After 42 years of legalized abortion and some 56 million unborn babies dead, many abortion opponents doubt their activism will accomplish much.
 
Pro-life leaders say the opposite is true.
 
"By coming together, by making our presence known, we are saving lives," Father Frank Pavone, national director of Priests for Life, told CBN News. "Incremental legislation is being passed. People's minds and hearts are reached."
 
In fact, this leading pro-life priest was one whose mind and heart was reached when he came to Washington as a young man to join an early March for Life event.
 
"I received my own start in the pro-life movement from the inspiration I got from coming to this March for Life in 1976 as a teenager," Pavone said.
 
Another leader is Susan B. Anthony List President Marjorie Dannenfelser. Her group works to elect pro-life candidates and promote laws that will reduce and someday end abortion.
 
Activism Pays
 
"If there were a year where you would have hope in activism, it would have been election year 2014," Dannenfelser told CBN News.
 
Throughout 2014, the SBA List sponsored groups in various states to fight for pro-life candidates.
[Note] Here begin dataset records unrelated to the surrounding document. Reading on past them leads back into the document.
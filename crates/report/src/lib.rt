// A report as text in a buffer that the caller lends. The inner function puts its text behind the first `at` bytes and answers where the text ends.
#![tactic(auto)]

ghost use Rattle.std.specs.Prelude.{◌≤◌, length, take};
ghost use Rattle.model.specs.Report.{placement_lines, report_text, refused_text};
ghost use Rattle.text.specs.Writing.{Fits, Wrote};
ghost use Rattle.report.specs.Printing.{issue_sum, refused_room, Printable};

use model::{WallCheck, WallPlacement};
use report_passage::PointWord;
use report_placements::IssueWord;

// Each building's line, and behind it the lines of its issues: the words are those of one building after the other.
fn put_placements(out: &mut [u8], at: usize, placements: &[WallPlacement], words: &[u32]) -> usize
    requires issues_there { issue_sum placements.now ≤ length words.now }
    requires room { Fits out.old at (placement_lines 0 placements.now words.now) }
    ensures { Wrote out.old at (placement_lines 0 placements.now words.now) out.new result }
{
    let mut end = at;
    let mut rest = words;
    for (index, placement) in placements.iter().enumerate() {
        let (own, others) = rest.split_at(placement.issues);
        let next = report_placements::put_placement(out, end, index, *placement);
        end = text::put_lines::<IssueWord>(out, next, own);
        rest = others;
    }
    end
}

// What the program prints for an accepted query of `count` buildings, at the start of the buffer: the issue words and the route points stand first in their lists.
pub fn report(
    out: &mut [u8],
    check: WallCheck,
    count: usize,
    issues: &[u32],
    route: &[u32],
) -> usize
    requires { Printable check count issues.now route.now out.old }
    ensures { Wrote out.old 0 (report_text (take count check.placements) issues.now check.passed (take check.passed.points route.now)) out.new result }
{
    let first = text::put(out, 0, b"check ok\n");
    let passage = put_placements(out, first, &check.placements[..count], issues);
    let end = report_passage::put_passage(out, passage, check.passed);
    text::put_lines::<PointWord>(out, end, &route[..check.passed.points])
}

// What the program prints for a refused query, at the start of the buffer.
#[tactic(auto, using(crate::proofs::Sizes::refused_short), unfolding(model::specs::Report::refused_text))]
pub fn refused(out: &mut [u8], number: usize) -> usize
    requires { refused_room ≤ length out.old }
    ensures { Wrote out.old 0 (refused_text number) out.new result }
{
    text::put_ending(out, 0, b"refused ", number as u64)
}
And in state after state, those candidates beat opponents who favored abortion rights. 
 
"This was the year that showed that activism pays, and it pays in lives," she said.
 
Dannenfelser said the pro-life majority in the House appears ready to pass the Pain-Capable Unborn Child Protection Act as early as January 22, the same day as this year's March for Life. That, she says, is evidence that activism pays.
 
She also expects the new pro-life majority in the Senate to pass its version of the bill, which would ban abortion of unborn babies 20 weeks old or older.
 
Dannenfelser told CBN News without the kind of activism thousands of pro-lifers displayed leading up to the election, passage of this bill wouldn't be possible.
 
When Enough Fight
 
And she believes when everyday folks battle those wrongs together, they can be defeated.
 
"It's what ended slavery. It's what ended child labor. It's what ended all sorts of things," Dannenfelser explained. "And we're beginning to see the end of abortion in the Congress right now with the Pain-Capable bill. And it will save 18,000 children a year." 
 
Of course, the ultimate pro-life goal is to make abortion unthinkable and illegal again, because if it's legal, that suggests it's okay.
 
Janet Morana co-founded Silent No More, a group of post-abortive women and others wounded by abortion who've decided to speak out about the pain it causes.
 
"You can listen to the voices of the women, and they'll say making it legal was giving permission," she said. "Just think of how many things you don't do because it's illegal."
 
Georgette Forney co-founded Silent No More alongside Morana. Forney told CBN News just three years before, the Supreme Court had legalized the procedure nationwide, which made a huge difference in her teenage mind when she aborted her first child.
 
Legalizing Abortion Made it Okay
 
"There I was in 1976 -- I remember driving down the road," Forney said, as she recalled thinking of her upcoming abortion, "This feels wrong, but it's legal, so it's got to be okay.'"
 
Lifelong civil rights activist Alveda King fights alongside Silent No More. She said activism can convince others abortion's not okay.
 
"Get out there," King encouraged. "Hold your sign, do your prayer, sing your song, ask people to keep their children. I know for a fact that lives are saved when we do that."